Task statement
Below are records; count the lines in them that hold "special" and give only the count.

[Records from a dataset]
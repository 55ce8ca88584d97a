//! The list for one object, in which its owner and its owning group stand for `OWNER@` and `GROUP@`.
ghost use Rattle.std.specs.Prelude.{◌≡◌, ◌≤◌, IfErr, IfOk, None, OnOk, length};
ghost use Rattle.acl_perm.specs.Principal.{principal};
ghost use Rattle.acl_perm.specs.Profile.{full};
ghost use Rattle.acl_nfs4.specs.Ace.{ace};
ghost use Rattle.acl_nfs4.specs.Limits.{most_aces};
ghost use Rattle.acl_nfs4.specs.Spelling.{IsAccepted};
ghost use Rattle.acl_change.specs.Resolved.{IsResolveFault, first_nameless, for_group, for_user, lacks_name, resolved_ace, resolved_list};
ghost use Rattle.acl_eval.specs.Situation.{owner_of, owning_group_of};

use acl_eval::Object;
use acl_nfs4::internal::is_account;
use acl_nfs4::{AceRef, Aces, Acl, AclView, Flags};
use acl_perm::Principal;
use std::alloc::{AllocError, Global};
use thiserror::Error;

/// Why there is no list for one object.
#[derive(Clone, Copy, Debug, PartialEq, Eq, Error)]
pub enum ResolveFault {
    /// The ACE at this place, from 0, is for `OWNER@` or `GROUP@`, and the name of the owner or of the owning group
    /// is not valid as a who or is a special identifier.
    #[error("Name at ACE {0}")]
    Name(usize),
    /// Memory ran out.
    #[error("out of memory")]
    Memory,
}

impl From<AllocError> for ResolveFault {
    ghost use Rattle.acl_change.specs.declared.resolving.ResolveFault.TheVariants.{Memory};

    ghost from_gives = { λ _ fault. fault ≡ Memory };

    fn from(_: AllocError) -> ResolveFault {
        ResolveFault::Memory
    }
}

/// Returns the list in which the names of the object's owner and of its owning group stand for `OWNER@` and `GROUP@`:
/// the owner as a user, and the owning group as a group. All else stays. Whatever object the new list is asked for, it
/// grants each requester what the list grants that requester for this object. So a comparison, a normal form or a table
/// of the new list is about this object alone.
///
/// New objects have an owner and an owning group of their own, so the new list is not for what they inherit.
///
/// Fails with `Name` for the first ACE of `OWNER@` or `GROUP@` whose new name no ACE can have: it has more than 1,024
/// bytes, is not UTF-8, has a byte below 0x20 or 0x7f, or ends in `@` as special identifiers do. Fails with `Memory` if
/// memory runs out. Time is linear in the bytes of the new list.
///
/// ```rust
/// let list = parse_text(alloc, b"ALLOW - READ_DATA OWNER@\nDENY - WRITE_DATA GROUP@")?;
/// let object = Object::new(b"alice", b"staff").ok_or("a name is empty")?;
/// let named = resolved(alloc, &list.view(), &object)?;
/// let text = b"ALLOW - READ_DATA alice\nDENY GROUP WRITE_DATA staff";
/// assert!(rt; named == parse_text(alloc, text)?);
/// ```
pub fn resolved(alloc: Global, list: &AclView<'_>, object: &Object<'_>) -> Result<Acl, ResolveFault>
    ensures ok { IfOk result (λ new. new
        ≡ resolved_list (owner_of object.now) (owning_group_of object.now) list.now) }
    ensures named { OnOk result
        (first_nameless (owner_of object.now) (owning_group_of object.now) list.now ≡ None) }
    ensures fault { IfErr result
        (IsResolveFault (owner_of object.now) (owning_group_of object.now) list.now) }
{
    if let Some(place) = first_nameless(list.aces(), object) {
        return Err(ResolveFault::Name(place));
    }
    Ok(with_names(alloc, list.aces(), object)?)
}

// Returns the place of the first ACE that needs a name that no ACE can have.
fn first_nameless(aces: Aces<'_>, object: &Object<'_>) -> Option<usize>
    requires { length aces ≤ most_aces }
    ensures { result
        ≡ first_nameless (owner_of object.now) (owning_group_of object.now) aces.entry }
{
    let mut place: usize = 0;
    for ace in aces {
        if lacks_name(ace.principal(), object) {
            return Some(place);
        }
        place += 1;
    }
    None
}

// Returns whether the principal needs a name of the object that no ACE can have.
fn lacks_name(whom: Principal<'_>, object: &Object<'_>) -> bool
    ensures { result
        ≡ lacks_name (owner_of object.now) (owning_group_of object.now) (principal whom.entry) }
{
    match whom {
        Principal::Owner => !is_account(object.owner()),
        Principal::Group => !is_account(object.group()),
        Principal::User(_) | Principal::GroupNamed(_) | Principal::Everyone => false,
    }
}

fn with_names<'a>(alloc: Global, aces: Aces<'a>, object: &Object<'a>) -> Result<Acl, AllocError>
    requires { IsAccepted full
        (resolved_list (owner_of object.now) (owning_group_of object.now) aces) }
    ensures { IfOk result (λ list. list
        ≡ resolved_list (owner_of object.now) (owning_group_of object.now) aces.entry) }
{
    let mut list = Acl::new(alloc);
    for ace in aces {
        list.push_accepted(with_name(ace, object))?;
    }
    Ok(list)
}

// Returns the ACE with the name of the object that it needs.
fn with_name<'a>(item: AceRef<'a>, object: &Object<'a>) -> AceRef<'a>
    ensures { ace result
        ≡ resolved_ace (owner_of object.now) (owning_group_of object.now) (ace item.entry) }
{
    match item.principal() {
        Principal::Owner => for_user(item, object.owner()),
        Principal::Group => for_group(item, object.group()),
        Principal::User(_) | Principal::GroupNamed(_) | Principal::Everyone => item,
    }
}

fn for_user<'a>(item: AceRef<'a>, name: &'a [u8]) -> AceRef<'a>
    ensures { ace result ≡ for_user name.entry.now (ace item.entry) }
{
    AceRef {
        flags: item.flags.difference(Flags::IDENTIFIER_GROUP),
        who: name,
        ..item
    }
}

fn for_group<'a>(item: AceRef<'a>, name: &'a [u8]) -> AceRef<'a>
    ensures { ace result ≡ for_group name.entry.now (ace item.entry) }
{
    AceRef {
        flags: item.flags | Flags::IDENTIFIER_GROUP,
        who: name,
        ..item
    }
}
---
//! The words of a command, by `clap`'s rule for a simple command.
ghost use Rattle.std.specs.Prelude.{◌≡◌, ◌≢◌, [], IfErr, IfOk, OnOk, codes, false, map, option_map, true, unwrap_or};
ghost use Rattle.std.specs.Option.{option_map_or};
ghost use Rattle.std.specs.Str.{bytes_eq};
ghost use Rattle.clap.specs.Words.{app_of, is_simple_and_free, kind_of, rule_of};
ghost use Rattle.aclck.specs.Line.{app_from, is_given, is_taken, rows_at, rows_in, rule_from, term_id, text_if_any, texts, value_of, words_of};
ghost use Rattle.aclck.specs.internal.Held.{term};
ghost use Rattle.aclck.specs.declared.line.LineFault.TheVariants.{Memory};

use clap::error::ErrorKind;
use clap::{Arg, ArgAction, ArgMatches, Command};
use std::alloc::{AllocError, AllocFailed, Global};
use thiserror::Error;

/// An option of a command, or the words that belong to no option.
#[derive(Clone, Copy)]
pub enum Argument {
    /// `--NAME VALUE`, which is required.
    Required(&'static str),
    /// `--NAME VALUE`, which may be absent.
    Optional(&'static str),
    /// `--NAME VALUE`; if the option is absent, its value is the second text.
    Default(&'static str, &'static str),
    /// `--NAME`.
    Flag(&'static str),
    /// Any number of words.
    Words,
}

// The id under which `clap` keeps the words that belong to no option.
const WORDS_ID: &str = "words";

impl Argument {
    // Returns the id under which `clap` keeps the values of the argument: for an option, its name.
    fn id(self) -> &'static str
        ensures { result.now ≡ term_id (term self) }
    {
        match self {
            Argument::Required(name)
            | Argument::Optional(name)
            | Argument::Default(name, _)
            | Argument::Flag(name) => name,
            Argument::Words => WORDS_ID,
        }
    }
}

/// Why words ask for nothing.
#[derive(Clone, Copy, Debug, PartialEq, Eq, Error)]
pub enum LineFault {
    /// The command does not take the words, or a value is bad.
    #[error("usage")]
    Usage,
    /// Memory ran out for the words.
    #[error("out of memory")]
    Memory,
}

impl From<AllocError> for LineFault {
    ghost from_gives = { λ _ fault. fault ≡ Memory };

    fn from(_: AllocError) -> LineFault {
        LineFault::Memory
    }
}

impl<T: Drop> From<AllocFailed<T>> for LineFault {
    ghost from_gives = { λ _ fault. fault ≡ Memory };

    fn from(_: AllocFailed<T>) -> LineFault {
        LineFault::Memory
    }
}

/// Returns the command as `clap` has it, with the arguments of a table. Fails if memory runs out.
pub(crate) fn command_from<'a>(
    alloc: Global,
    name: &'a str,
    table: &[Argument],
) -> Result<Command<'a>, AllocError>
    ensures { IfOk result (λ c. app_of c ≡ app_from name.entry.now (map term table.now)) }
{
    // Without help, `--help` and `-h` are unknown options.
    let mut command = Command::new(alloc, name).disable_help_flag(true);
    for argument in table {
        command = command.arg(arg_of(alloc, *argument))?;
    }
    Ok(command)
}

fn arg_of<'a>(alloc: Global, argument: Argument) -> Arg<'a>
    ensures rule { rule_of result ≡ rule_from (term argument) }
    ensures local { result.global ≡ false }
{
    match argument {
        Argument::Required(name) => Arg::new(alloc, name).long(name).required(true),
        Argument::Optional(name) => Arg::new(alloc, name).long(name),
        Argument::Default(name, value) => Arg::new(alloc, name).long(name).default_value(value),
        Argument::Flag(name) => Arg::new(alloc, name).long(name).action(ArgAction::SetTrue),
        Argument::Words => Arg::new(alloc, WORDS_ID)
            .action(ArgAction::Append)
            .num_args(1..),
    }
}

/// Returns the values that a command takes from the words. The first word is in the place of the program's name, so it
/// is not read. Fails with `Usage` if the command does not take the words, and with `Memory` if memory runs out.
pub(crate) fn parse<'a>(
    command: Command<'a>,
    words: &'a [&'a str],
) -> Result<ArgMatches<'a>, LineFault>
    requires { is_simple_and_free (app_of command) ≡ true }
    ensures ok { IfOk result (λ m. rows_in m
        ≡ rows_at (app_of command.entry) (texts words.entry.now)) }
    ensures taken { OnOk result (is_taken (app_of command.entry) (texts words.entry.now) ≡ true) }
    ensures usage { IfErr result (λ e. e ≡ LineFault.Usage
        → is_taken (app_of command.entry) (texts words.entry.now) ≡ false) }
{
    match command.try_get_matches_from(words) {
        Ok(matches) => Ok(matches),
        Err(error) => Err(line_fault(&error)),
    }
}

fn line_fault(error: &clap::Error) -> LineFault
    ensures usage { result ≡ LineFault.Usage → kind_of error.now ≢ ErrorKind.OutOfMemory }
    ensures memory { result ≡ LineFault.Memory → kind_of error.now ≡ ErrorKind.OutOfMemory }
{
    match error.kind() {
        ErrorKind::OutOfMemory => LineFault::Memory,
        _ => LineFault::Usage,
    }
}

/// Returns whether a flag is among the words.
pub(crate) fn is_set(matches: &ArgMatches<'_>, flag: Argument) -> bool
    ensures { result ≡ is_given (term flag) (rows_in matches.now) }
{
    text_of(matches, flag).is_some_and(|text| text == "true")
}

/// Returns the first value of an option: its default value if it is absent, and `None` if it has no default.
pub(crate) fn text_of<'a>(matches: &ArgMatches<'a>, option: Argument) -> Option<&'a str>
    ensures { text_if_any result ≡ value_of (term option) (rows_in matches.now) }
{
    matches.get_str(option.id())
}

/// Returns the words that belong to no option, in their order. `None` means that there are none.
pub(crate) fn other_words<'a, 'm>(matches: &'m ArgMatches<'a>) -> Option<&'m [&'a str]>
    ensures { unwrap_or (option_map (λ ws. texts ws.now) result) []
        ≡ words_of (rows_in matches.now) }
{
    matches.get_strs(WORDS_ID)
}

Written response
2